◆ Work instructions ◆
For the listing below, give the count of lines containing "where", and no other text.

◆ Data ◆
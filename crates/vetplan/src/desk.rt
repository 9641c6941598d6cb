//! The desk where a plan is read and vetted.
use plantext::read::{read_leg, read_query};
use std::alloc::{AllocError, AllocFailed};
use std::io;
use std::io::{BufRead, BufReader};
use timetable::book::Book;
use timetable::refusal::Refusal;
use vet::verdict::Verdict;
use vet::vet::vet;

// Why there is no verdict: a line or the query is refused, or the input or the memory failed.
#[derive(Drop)]
enum Stop {
    Refused(Refusal),
    Failed(anyhow::Error),
}

impl From<Refusal> for Stop {
    fn from(refusal: Refusal) -> Stop {
        Stop::Refused(refusal)
    }
}

impl From<io::Error> for Stop {
    fn from(error: io::Error) -> Stop {
        Stop::Failed(anyhow::Error::from(error))
    }
}

impl<T: Drop> From<AllocFailed<T>> for Stop {
    fn from(error: AllocFailed<T>) -> Stop {
        Stop::Failed(anyhow::Error::from(AllocError::from(error)))
    }
}

// Reads the next line without its ending, and tells whether there is one. At the end of the input the line is left empty.
// No split at byte 10: one buffer serves all lines of a long plan, where a `Vec` for each costs up to half as much again.
fn next_line<R: BufRead>(input: &mut R, line: &mut Vec<u8>) -> io::Result<bool> {
    line.clear();
    let count = input.read_until(b'\n', line)?;
    if line.last() == Some(&b'\n') {
        let _ = line.pop();
    }
    Ok(count > 0)
}

// Vets the plan that follows its query. A query that is refused is told before a leg is read, and an empty input is one empty line.
fn vet_input<B: Book>(rt: &HostRuntime, book: &B) -> Result<Verdict, Stop> {
    let mut input = BufReader::new(rt.alloc(), rt.stdin())?;
    let mut line = Vec::new(rt.alloc());
    let _ = next_line(&mut input, &mut line)?;
    let query = read_query(line.as_slice())?;
    query.check(book.quays())?;
    let mut plan = Vec::new(rt.alloc());
    for _ in 0..u64::MAX {
        if !next_line(&mut input, &mut line)? {
            break;
        }
        plan.push(read_leg(line.as_slice())?)?;
    }
    Ok(vet(book, query, plan.as_slice())?)
}

pub(crate) fn serve<B: Book + Drop>(rt: &HostRuntime, book: B) -> anyhow::Result<()> {
    match vet_input(rt, &book) {
        Ok(Verdict::Holds { arrival }) => println!(rt; "Y {arrival}")?,
        Ok(Verdict::Fails { leg, refusal }) => println!(rt; "X {leg} {}", refusal.number())?,
        Err(Stop::Refused(refusal)) => println!(rt; "E {}", refusal.number())?,
        Err(Stop::Failed(error)) => return Err(error),
    }
    Ok(())
}
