// infe: one entry of iinf.
ghost use Rattle.std.specs.Prelude.{cond, [], ◌∷◌, ◌+◌, ◌<◌, length, is_some, option_map, option_to_list};
ghost use Rattle.octets.specs.Numbers.{◌‖◌, be};
ghost use Rattle.octets.specs.Stores.{Room, Wrote, Boxed};
ghost use Rattle.panel.specs.Form.{form_of};
ghost use Rattle.heif.specs.Iinf.{infe_size};
ghost use Rattle.write_iinf.specs.Entry.{infe_of, shown};

use octets::{Output, size_of};
use panel::when::when;
use panel::{FileForm, WideItemId};
use plan_items::form::ids_bytes;
use write_ids::form::write_item_box;
use write_ids::write_id;

// What an entry says: an item's id and type, whether it is hidden, and of a mime item the content type with a zero byte behind it.
#[derive(Drop)]
pub(crate) struct Entry<'a> {
    pub id: WideItemId,
    pub kind: &'a [u8; 4],
    pub hidden: bool,
    pub content_type: &'a [u8],
}

// What stands behind an item's id: protection index 0, its type, an empty name, the content type.
fn write_item_type(out: &mut Output, kind: &[u8; 4], content_type: &[u8])
    requires { Room out.old (7 + length content_type.now) }
    ensures { Wrote out.old (7 + length content_type.now) (be 2 0 ‖ kind.now ‖ be 1 0 ‖ content_type.now) out.new }
{
    out.w16(0);
    out.put(kind);
    out.w8(0);
    out.put(content_type);
}

// An entry. That its size fits in 32 bits is asked for an id of four bytes, the longest that a form has, so that it holds in every form.
pub(crate) fn write_infe(out: &mut Output, form: FileForm, entry: &Entry)
    requires room { Room out.old (infe_size (form_of form) + length entry.now.content_type.now) }
    requires short { 23 + length entry.now.content_type.now < 4294967296 }
    ensures { Boxed out.old (infe_size (form_of form) + length entry.now.content_type.now) (infe_of (form_of form) entry.now ∷ []) out.new }
{
    let size = size_of(19 + ids_bytes(form, 1), entry.content_type.len());
    write_item_box(out, form, size, b"infe", 2, when(entry.hidden, 1));
    write_id(out, form, entry.id);
    write_item_type(out, entry.kind, entry.content_type);
}

// The entry of an item of this type that is not hidden, where there is one.
pub(crate) fn write_given_infe(
    out: &mut Output,
    form: FileForm,
    kind: &[u8; 4],
    id: Option<WideItemId>,
)
    requires { Room out.old (cond (is_some id) (infe_size (form_of form)) 0) }
    ensures { let f = form_of form in Boxed out.old (cond (is_some id) (infe_size f) 0) (option_to_list (option_map (λ i. shown f kind.now i.0) id)) out.new }
{
    if let Some(id) = id {
        write_infe(
            out,
            form,
            &Entry {
                id,
                kind,
                hidden: false,
                content_type: b"",
            },
        );
    }
}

◆ Solution to this task ◆
3